Word for word, transcribe the data below from the line with "units.write_char(c).ok()?;" to the line with "sink that fails.", keeping both of those lines.

(Collection entries)
"""

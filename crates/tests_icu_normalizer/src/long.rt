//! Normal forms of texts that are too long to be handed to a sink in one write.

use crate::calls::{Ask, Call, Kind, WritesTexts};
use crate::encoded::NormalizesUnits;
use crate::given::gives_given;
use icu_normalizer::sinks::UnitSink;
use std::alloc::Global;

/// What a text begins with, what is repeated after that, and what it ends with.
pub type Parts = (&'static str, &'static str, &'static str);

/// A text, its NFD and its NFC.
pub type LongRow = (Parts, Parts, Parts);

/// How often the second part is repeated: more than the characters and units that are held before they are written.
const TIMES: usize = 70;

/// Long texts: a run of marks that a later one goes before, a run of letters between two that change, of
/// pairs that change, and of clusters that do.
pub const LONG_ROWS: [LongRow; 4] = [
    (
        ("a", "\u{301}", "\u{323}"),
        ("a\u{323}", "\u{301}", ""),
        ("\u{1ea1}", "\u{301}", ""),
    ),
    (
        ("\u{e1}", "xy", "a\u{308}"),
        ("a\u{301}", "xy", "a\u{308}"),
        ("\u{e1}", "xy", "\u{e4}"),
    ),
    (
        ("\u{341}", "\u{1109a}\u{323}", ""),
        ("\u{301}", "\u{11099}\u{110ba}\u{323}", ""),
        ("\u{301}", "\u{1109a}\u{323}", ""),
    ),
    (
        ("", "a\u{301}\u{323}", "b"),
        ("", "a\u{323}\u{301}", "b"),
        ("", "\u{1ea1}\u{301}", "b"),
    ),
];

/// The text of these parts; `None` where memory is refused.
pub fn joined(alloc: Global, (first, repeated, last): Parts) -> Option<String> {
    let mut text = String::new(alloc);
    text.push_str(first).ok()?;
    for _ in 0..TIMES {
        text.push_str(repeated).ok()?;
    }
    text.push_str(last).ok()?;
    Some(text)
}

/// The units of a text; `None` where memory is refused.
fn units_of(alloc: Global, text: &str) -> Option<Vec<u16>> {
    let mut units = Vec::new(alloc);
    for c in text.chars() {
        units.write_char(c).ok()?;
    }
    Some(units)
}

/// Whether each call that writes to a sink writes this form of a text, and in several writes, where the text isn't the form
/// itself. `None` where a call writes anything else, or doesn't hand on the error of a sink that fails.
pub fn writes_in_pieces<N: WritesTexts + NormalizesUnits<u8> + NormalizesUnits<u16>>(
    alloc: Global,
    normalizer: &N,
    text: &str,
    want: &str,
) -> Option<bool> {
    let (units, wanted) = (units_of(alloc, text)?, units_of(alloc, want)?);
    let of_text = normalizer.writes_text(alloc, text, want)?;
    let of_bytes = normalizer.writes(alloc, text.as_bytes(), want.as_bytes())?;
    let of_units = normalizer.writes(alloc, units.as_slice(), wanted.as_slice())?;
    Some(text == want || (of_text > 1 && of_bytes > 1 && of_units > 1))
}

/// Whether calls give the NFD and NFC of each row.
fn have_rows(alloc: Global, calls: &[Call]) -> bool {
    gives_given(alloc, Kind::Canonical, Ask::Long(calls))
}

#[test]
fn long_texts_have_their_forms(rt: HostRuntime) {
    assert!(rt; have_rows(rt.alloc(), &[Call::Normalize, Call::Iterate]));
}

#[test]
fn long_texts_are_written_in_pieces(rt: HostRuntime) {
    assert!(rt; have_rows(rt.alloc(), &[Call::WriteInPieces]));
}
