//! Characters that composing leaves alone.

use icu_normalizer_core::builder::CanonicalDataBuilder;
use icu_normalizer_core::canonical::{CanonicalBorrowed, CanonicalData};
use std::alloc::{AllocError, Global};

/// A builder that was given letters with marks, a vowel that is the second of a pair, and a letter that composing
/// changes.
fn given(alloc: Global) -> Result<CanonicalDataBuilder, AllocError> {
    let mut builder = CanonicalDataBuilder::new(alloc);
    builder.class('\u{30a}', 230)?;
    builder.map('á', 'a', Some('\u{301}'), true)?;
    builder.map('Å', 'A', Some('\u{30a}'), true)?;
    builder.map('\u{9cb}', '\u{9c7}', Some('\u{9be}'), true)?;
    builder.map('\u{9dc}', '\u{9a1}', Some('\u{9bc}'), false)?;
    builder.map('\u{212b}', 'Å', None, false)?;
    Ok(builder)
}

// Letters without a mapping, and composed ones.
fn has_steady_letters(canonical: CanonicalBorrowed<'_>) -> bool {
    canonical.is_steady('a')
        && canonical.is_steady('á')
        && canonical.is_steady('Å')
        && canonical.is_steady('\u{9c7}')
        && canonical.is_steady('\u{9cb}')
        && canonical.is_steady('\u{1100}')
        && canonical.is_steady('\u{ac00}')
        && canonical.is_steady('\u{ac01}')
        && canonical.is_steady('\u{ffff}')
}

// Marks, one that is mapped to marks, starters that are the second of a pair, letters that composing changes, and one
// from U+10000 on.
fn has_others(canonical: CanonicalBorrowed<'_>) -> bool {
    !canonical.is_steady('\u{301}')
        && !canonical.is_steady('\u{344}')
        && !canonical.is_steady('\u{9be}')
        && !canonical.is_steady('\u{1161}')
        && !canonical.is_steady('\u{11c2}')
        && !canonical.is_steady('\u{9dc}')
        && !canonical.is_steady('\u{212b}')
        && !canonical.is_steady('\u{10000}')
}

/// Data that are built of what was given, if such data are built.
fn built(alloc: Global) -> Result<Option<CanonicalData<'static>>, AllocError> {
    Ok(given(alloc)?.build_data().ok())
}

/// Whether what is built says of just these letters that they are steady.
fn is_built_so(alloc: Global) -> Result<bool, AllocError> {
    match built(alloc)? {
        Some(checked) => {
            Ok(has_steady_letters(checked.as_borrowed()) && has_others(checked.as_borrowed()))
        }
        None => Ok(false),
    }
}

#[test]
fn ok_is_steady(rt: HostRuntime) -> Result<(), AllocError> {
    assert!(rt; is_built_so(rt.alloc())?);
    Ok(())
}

"""
"""

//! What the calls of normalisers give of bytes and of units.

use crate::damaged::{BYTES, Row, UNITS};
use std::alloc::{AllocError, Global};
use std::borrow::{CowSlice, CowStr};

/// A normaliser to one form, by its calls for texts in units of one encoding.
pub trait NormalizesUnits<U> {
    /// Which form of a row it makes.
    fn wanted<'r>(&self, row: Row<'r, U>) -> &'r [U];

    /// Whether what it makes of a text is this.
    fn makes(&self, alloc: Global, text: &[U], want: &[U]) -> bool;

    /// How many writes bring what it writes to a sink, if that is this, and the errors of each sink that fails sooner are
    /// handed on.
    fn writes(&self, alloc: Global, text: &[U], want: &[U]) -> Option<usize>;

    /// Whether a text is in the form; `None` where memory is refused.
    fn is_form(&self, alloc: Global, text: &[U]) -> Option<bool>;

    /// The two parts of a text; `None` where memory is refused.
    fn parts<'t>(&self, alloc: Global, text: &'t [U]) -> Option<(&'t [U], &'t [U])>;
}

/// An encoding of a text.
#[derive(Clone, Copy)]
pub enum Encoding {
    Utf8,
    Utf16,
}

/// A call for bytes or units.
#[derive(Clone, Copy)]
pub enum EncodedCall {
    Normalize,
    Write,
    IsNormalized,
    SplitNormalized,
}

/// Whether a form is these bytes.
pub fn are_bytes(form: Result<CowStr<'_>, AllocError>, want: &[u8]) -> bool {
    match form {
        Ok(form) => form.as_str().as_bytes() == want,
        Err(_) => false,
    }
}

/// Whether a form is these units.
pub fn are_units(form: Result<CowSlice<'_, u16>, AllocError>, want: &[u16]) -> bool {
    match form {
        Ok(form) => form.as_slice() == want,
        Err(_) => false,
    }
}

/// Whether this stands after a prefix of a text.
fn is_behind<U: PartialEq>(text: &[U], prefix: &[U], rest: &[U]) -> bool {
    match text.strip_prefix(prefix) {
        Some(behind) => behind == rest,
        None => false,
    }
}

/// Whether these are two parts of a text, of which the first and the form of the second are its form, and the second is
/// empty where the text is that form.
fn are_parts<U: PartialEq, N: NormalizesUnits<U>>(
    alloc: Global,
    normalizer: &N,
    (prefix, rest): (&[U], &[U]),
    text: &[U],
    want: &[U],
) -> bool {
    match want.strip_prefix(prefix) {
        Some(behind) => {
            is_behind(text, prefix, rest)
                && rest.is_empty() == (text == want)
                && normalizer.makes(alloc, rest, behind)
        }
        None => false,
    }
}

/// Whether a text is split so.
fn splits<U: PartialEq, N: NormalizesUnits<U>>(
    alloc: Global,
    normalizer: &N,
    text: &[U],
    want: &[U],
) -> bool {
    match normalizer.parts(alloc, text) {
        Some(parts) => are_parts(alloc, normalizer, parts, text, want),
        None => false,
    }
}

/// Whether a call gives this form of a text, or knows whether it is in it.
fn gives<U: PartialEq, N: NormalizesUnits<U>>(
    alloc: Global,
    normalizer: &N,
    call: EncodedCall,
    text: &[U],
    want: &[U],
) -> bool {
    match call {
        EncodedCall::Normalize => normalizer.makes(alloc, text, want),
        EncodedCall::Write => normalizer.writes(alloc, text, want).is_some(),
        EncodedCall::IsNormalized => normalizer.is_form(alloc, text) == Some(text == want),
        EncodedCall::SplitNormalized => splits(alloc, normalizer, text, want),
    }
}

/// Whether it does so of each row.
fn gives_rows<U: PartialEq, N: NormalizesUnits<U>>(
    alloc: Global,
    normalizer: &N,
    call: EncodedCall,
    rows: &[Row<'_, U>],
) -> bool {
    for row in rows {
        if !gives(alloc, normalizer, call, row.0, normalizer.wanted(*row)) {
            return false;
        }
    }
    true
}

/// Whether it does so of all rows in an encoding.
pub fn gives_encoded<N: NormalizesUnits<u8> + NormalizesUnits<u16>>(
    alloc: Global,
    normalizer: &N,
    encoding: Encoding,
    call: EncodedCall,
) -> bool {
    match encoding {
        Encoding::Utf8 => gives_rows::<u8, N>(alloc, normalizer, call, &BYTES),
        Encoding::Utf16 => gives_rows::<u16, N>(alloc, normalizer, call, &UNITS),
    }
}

"""
"""

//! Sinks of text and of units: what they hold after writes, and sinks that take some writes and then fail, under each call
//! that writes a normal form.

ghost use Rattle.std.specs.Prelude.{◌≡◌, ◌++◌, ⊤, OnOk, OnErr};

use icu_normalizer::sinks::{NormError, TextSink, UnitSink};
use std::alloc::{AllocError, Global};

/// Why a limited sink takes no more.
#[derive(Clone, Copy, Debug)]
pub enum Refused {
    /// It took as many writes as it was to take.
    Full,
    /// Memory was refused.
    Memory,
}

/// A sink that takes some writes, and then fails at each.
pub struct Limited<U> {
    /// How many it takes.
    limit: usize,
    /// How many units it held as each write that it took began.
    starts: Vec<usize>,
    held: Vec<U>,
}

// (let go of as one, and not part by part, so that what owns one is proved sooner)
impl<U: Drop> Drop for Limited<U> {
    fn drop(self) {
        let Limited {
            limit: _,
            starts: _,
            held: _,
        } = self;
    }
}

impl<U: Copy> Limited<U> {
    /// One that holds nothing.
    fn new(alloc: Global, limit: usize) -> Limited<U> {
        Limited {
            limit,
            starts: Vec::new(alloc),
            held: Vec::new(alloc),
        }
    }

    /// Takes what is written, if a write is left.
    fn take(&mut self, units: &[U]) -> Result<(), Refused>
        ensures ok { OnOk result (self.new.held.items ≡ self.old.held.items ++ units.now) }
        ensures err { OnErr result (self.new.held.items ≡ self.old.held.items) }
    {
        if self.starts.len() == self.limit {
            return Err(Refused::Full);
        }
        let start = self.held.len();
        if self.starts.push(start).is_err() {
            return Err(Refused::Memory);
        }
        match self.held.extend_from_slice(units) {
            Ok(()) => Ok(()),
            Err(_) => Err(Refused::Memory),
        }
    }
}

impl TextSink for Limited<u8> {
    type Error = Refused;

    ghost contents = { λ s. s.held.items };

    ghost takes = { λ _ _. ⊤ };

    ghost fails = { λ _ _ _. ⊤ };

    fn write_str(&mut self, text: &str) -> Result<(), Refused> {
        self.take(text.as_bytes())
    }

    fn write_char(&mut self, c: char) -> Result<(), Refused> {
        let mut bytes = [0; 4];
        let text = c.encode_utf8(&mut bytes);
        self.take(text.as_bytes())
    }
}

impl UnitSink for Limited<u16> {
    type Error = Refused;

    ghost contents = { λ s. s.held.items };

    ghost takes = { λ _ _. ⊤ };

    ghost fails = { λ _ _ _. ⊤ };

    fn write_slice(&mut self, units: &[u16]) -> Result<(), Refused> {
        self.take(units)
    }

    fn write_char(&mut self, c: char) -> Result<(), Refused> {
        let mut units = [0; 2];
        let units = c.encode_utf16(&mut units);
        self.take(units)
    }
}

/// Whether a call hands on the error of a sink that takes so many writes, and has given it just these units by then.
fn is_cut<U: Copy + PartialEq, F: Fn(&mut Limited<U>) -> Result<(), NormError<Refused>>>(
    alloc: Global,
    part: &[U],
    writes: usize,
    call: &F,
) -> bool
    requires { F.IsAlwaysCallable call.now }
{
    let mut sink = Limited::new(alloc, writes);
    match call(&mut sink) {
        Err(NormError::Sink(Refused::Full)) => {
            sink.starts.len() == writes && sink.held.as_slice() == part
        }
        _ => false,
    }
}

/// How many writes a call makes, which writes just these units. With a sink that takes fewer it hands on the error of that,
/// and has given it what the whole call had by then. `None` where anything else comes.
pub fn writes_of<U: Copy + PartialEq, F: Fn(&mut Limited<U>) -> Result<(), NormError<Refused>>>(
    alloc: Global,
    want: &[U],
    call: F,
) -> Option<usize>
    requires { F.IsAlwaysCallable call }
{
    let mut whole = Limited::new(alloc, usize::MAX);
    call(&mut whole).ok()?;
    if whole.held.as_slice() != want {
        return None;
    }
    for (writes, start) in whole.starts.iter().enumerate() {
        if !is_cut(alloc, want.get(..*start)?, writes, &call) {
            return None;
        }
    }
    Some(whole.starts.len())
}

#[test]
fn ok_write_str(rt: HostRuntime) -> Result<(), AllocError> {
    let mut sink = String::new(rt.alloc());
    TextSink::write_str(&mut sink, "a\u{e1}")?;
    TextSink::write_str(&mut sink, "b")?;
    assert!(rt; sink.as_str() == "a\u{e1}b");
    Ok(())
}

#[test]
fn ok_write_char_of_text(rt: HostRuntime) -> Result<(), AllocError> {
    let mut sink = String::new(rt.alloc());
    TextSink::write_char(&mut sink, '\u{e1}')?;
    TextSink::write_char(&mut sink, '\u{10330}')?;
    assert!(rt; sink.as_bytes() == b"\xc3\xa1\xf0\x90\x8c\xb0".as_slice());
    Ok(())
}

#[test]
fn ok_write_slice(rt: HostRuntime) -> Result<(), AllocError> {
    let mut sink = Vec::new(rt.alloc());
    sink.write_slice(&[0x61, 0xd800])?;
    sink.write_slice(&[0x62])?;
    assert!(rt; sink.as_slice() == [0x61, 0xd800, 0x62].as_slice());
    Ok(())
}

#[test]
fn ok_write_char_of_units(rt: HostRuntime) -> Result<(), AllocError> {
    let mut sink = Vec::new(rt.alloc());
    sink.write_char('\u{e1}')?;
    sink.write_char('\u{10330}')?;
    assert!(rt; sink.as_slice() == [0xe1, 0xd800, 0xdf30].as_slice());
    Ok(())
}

"""

- **Answer space**:
        units.write_char(c).ok()?;
    }
    Some(units)
}

/// Whether each call that writes to a sink writes this form of a text, and in several writes, where the text isn't the form
/// itself. `None` where a call writes anything else, or doesn't hand on the error of a sink that fails.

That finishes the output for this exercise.